A poker hand consists of five cards from a standard deck of 52. Find the number of different poker hands of three of a kind (three of one denomination, one of another denomination, and one of a third).

1

To find the number of different poker hands of three of a kind, we can break down the process into several steps:

Step 1: Choosing the denomination for the three of a kind.
Since there are 13 denominations in a standard deck of 52 cards, we have 13 options to choose from. Let's say we choose denomination X.
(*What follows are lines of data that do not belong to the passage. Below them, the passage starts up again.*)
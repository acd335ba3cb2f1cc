//! The look-up of an item by its key. Other look-ups are those of the crates above, which go over a `Subtree`.

ghost use Rattle.std.specs.Prelude.{◌≡◌};
ghost use Rattle.summary_tree.specs.Order.{AreInOrder, item_at};

use crate::node::Tree;
use crate::{Keyed, Summarizes};

/// A tree, or a side of a node.
#[derive(Clone, Copy)]
pub struct Subtree<'s, T: Copy, S: Summarizes<T>> {
    pub tree: &'s Tree<T, S>,
}

impl<T: Keyed, S: Summarizes<T>> Tree<T, S> {
    /// The item of that key.
    #[tactic(auto, using(crate::proofs::Sides::at_left, crate::proofs::Sides::at_right, crate::proofs::Sides::at_here, crate::proofs::Sides::sides_in_order))]
    pub(crate) fn get(&self, key: T::Key) -> Option<T>
        requires { AreInOrder T.key T.comes_before self.now.items }
        ensures { result ≡ item_at T.key T.same key self.now.items }
    {
        T::keys_are_in_one_order();
        let Some(node) = self.top() else {
            return None;
        };
        if T::comes_before(key, node.item.key()) {
            return node.left.get(key);
        }
        if T::comes_before(node.item.key(), key) {
            return node.right.get(key);
        }
        Some(node.item)
    }
}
Step 2: Choosing the denomination for the remaining two cards.
Once we have chosen denomination X, there are 12 remaining denominations to choose from for the remaining two cards. We need to choose one of them. Let's say we choose denomination Y.

Step 3: Choosing the cards for the three of a kind.
In a standard deck of 52 cards, each denomination has four cards (one in each suit). To form a three of a kind, we need to choose three cards of denomination X. Since there are four cards of denomination X, we can choose any combination of three cards out of the four. This can be represented as choosing 3 out of 4, which can be calculated using combinations.

Step 4: Choosing the card of denomination Y.
After we have chosen the three cards of denomination X, we need to choose one card of denomination Y. There are four cards of denomination Y in the deck, so we have four options to choose from.

Step 5: Calculating the number of different poker hands of three of a kind.
To calculate the number of different poker hands of three of a kind, we multiply the number of options from each step together. So the total number of different poker hands of three of a kind is:

Number of options for step 1 * Number of options for step 2 * Number of options for step 3 * Number of options for step 4

= 13 * 12 * (4 choose 3) * 4

Now let's calculate this:

= 13 * 12 * (4! / (3! * (4-3)!)) * 4
= 13 * 12 * (4) * 4
= 7488

Therefore, there are 7488 different poker hands of three of a kind.